In Spring 2000, I had finished my Masters degree and Secondary Education certification; I was a full time high school teacher - Advanced Placement computer science (also the youngest AP exam reader to date) and algebra. I was ready to move back home and teach my love to the people I loved, and I was marrying my sweetheart from Clemson. I was finally going back home to North Carolina, but the school system there said, “We don’t have a certification for computer science. Do you have a degree in something else? Business? Math?” I thought that surely they would have seen the light after two years. I was afraid I was never going to get to come home. And neither Virginia nor South Carolina had adopted a computer science certification either. Chris, my fiancĂ©, was finishing his Masters at UW Milwaukee and we waited another year while I got another year of teaching under my belt and besides, my AP students were doing really well.
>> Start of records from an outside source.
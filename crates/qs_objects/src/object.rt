// Objects: accounts, buffers and grids.

ghost use Rattle.std.specs.Prelude.{◌≡◌, ◌↔◌, ◌≤◌, ◌+◌, ◌++◌, length, Some, None, IfOk, IsErr, IsErrOf, IsSome, IsTrue, slice_get, pos, ◌+ℤ◌, ℤ};
ghost use Rattle.std.specs.VecDeque.{deque_capacity, deque_len};
ghost use Rattle.qs_objects.specs.audit.Objects.{starts, kind_of, values_of};
ghost use Rattle.qs_objects.specs.Objects.{IsInRange, KeepsContent, has_memory, needs_memory, state_of};
ghost use Rattle.qs_objects.specs.audit.Act.{act, clamp_to_word};
ghost use Rattle.qs_objects.specs.audit.Limits.{most_values};

use crate::{Request, account, buffer, grid};
use std::alloc::{AllocError, Global};
use std::collections::VecDeque;
use std::marker::Model;
use thiserror::Error;

/// A kind of object, with its numbers: a balance from 0 to 10^15, a capacity from 1 to 1024, or rows
/// and columns from 1 to 16.
#[derive(Clone, Copy, Debug, PartialEq, Eq)]
pub enum Kind {
    Account { balance: i64 },
    Buffer { capacity: i64 },
    Grid { rows: i64, columns: i64 },
}

/// Why an object was not made.
#[derive(Clone, Copy, Debug, PartialEq, Eq, Error)]
pub enum ObjectFault {
    /// A number of the kind is out of its range.
    #[error("1 Range")]
    Range,
    /// An allocation failed.
    #[error("2 Memory")]
    Memory,
}

#[derive(Drop)]
enum Content {
    Account {
        balance: i64,
    },
    Buffer {
        values: VecDeque<i64>,
    },
    Grid {
        rows: usize,
        columns: usize,
        cells: Vec<i64>,
    },
}

// Cells once more.
fn copied_cells(alloc: Global, cells: &[i64]) -> Result<Vec<i64>, AllocError>
    ensures same { IfOk result (λ copy. copy.items ≡ cells.now) }
{
    let mut copy = Vec::with_capacity(alloc, cells.len())?;
    copy.extend_from_slice(cells)?;
    Ok(copy)
}

// The value at a place; None past the last.
fn value_at(values: &[i64], place: usize) -> Option<i64>
    ensures value { result ≡ slice_get values.now place }
{
    values.get(place).copied()
}

// Adds values at the end of a queue that has room for them.
fn append(queue: &mut VecDeque<i64>, values: &[i64])
    requires room { deque_len queue.old + length values.now ≤ deque_capacity queue.old }
    ensures items { queue.new.items ≡ queue.old.items ++ values.now }
    ensures capacity { deque_capacity queue.new ≡ deque_capacity queue.old }
{
    for value in values {
        queue.push_back_reserved(*value);
    }
}

// A buffer's values once more, in a queue of the same capacity.
fn copied_queue(alloc: Global, values: &VecDeque<i64>) -> Result<VecDeque<i64>, AllocError>
    ensures same { IfOk result (λ copy. copy.items ≡ values.now.items) }
    ensures capacity { IfOk result (λ copy. deque_capacity copy ≡ deque_capacity values.now) }
{
    let mut copy = VecDeque::with_capacity(alloc, values.capacity())?;
    let (front, back) = values.as_slices();
    append(&mut copy, front);
    append(&mut copy, back);
    Ok(copy)
}

impl Content {
    fn copied(&self, alloc: Global) -> Result<Content, AllocError>
        requires kept { KeepsContent self.now }
        ensures same { IfOk result (λ content. (refused : ℤ) → state_of content refused ≡ state_of self.now refused) }
        ensures kept { IfOk result KeepsContent }
        ensures memory { IsErr result → (refused : ℤ) → IsTrue (has_memory (state_of self.now refused).content) }
    {
        match self {
            Content::Account { balance } => Ok(Content::Account { balance: *balance }),
            Content::Buffer { values } => Ok(Content::Buffer {
                values: copied_queue(alloc, values)?,
            }),
            Content::Grid {
                rows,
                columns,
                cells,
            } => Ok(Content::Grid {
                rows: *rows,
                columns: *columns,
                cells: copied_cells(alloc, cells.as_slice())?,
            }),
        }
    }
}

/// An object: what it holds, and how many commands it refused.
pub struct Object {
    content: Content,
    refused: i64,
}

impl Drop for Object {
    fn drop(self) {
        let Object {
            content: _,
            refused: _,
        } = self;
    }
}

impl Model for Object {
    ghost use Rattle.qs_objects.specs.audit.Act.{State};

    ghost Value = { State };

    ghost use Rattle.qs_objects.specs.Objects.{state_of, KeepsContent};

    ghost view = { λ o. state_of o.content o.refused };

    ghost invariant = { λ o. KeepsContent o.content };
}

/// The greatest balance of an account.
pub const GREATEST_BALANCE: i64 = 1_000_000_000_000_000;

/// The largest capacity of a buffer.
pub const MOST_VALUES: i64 = 1024;

/// Rows, and columns, of the largest grid.
pub const MOST_LINES: i64 = 16;

impl Object {
    /// A new object, with all the memory that it will need: no later call takes any. `Range` comes
    /// exactly where a number of the kind is out of range, before any allocation; `Memory` where an allocation
    /// failed, never at an account. After an error nothing is left.
    #[tactic(auto, using(crate::proofs::GridRows::cut_filled))]
    pub fn new(alloc: Global, kind: Kind) -> Result<Object, ObjectFault>
        ensures ok { IfOk result (λ object. starts kind ≡ Some object) }
        ensures range { IsErrOf result ObjectFault.Range ↔ (starts kind ≡ None) }
        ensures memory { IsErrOf result ObjectFault.Memory → IsTrue (needs_memory kind) }
    {
        let content = match kind {
            Kind::Account { balance } => {
                if balance < 0 || balance > GREATEST_BALANCE {
                    return Err(ObjectFault::Range);
                }
                Content::Account { balance }
            }
            Kind::Buffer { capacity } => {
                if capacity < 1 || capacity > MOST_VALUES {
                    return Err(ObjectFault::Range);
                }
                let values = VecDeque::with_capacity(alloc, capacity as usize).map_err(
                    |_| ObjectFault::Memory,
                )?;
                Content::Buffer { values }
            }
            Kind::Grid { rows, columns } => {
                if rows < 1 || rows > MOST_LINES || columns < 1 || columns > MOST_LINES {
                    return Err(ObjectFault::Range);
                }
                let rows = rows as usize;
                let columns = columns as usize;
                let cells = vec![in alloc; 0; rows * columns].map_err(|_| ObjectFault::Memory)?;
                Content::Grid {
                    rows,
                    columns,
                    cells,
                }
            }
        };
        Ok(Object {
            content,
            refused: 0,
        })
    }

    /// The same object once more, with memory of its own. An error says that this memory was refused, never at an
    /// account.
    pub fn copied(&self, alloc: Global) -> Result<Object, AllocError>
        ensures same { IfOk result (λ object. object ≡ self.now) }
        ensures memory { IsErr result → IsTrue (has_memory self.now.content) }
    {
        Ok(Object {
            content: self.content.copied(alloc)?,
            refused: self.refused,
        })
    }

    /// What it holds is in range: its balance, its number of values, its rows and columns. It does nothing.
    #[tactic(auto, using(crate::proofs::GridRows::cut_length, crate::proofs::GridRows::cut_even))]
    pub fn keeps_range(&self)
        ensures range { IsInRange self.now.content }
    {
        match &self.content {
            Content::Account { .. } => {}
            Content::Buffer { values } => {
                let _ = values.len();
            }
            Content::Grid { .. } => {}
        }
    }

    /// How many commands it refused, at most the greatest i64.
    pub fn refused(&self) -> i64
        ensures refused { result ≡ self.now.refused }
    {
        self.refused
    }

    /// How many values it has: an account's one is its balance, a grid's are its cells.
    /// At most 1024.
    #[tactic(auto, using(crate::proofs::GridRows::cut_joined))]
    pub fn len(&self) -> usize
        ensures count { result ≡ length (values_of self.now.content) }
        ensures at_most { result ≤ most_values }
    {
        match &self.content {
            Content::Account { .. } => 1,
            Content::Buffer { values } => values.len(),
            Content::Grid { cells, .. } => cells.len(),
        }
    }

    /// One of its values: a buffer's from the front, a grid's row by row; None exactly past the last.
    #[tactic(auto, using(crate::proofs::GridRows::cut_joined))]
    pub fn value(&self, i: usize) -> Option<i64>
        ensures value { result ≡ slice_get (values_of self.now.content) i }
    {
        match &self.content {
            Content::Account { balance } => (i == 0).then_some(*balance),
            Content::Buffer { values } => values.get(i).copied(),
            Content::Grid { cells, .. } => value_at(cells.as_slice(), i),
        }
    }

    /// Its kind, an account's with its balance now; its numbers are in range.
    #[tactic(auto, using(crate::proofs::GridRows::cut_length))]
    pub fn kind(&self) -> Kind
        ensures kind { result ≡ kind_of self.now.content }
        ensures in_range { IsSome (starts result) }
    {
        match &self.content {
            Content::Account { balance } => Kind::Account { balance: *balance },
            Content::Buffer { values } => Kind::Buffer {
                capacity: values.capacity() as i64,
            },
            Content::Grid { rows, columns, .. } => Kind::Grid {
                rows: *rows as i64,
                columns: *columns as i64,
            },
        }
    }

    /// Serves a request: a query answers, a command that can't be done is counted as refused. An
    /// operation of another kind, or with a wrong number of arguments, answers None and changes
    /// nothing. Takes no memory.
    #[inline(always)]
    pub fn apply(&mut self, request: &Request) -> Option<i64>
        ensures acts { (self.new, result) ≡ act self.old request.now.op request.now.args }
    {
        let op = request.op;
        let args = request.args.as_slice();
        let refused = &mut self.refused;
        match &mut self.content {
            Content::Account { balance } => account::apply(balance, refused, op, args),
            Content::Buffer { values } => buffer::apply(values, refused, op, args),
            Content::Grid {
                rows,
                columns,
                cells,
            } => grid::apply(*rows, *columns, cells, refused, op, args),
        }
    }
}

// One more refused command, up to the greatest count.
pub(crate) fn count_refusal(refused: &mut i64)
    ensures counts { refused.new ≡ clamp_to_word (refused.old +ℤ pos 1) }
{
    *refused = refused.saturating_add(1);
}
Summer of 2001 was it! My new husband had finally been accepted into a PhD program at NC State University, and we were actually moving home. North Carolina had no standards for putting computer science into a specific department. Some schools have CS in the math department; some have it in the business department; some specialized schools have a technology department. Not only was I concerned about where and what to teach but also what license did I need to do it. Broughton High School in Raleigh, where all computer science courses were in the math department, gave me a chance. “No Child Left Behind” didn’t exist yet, so the school system had the Department of Instruction contrive a math license for me by taking all computer classes on my transcript and giving them math status.

Spring of 2003. The International Baccalaureate School thrived at Broughton and thus the attendance for computer science courses declined. I needed to move to a more technical school. I chose Apex High. However, Computer Science courses at Apex were in the Business department. I did not have a Business license, so I was granted a one-year provisional license under the assumption that certainly DPI would see the dilemma of my situation and rectify it for the district and me. After all, Apex was in the same school district as Broughton, and the courses I was teaching in the math department were the exact same as theirs in the Business department.

One year later, Spring of 2004. After countless meetings with the Department of Public Instruction, North Carolina Senators on educational committees, North Carolina School Board, Wake County Public School System, and Apex High, nothing had changed. I was still a computer science teacher with a math license and no way to switch to a Business license without more course work and an exam, all for which I would have to pay.

My provisional Business license expired at the end of the year, and I was replaced. I had an undergraduate degree in computer science with an education minor, a graduate degree in computer science education, a Wisconsin license to teach computer science, 3 years experience teaching high school AP computer science in Wisconsin, 2 years college experience teaching computers, 4 years of computer science teaching in North Carolina, and I was a paid Pacing guide/curriculum designer for computer science in Wake County of NC. With all those qualifications, I am not certified to teach computer science in North Carolina.

Now the Spring of 2007. With two kids now and one on the way, I still teach at Apex High School in Wake County in North Carolina. I teach math (prealgebra, algebra 1 part 1, and tech math 1) and stand by while a business-licensed teacher with no java or c++ experience teaches the computer science courses. DPI has been informed; the School Board has been informed, and yet nothing except, “We're working on it.” seems to be communicated from any of them.

I’m calling for help and communication from sister states, Georgia and Virginia, who have now since 2000 adopted a license in computer science. Students growing up in this technologically advanced society deserve to have the most qualified teachers. Qualification needs to be the forefront of the decision making process for teacher licensing, not checkboxes on applications that don’t fit the new age.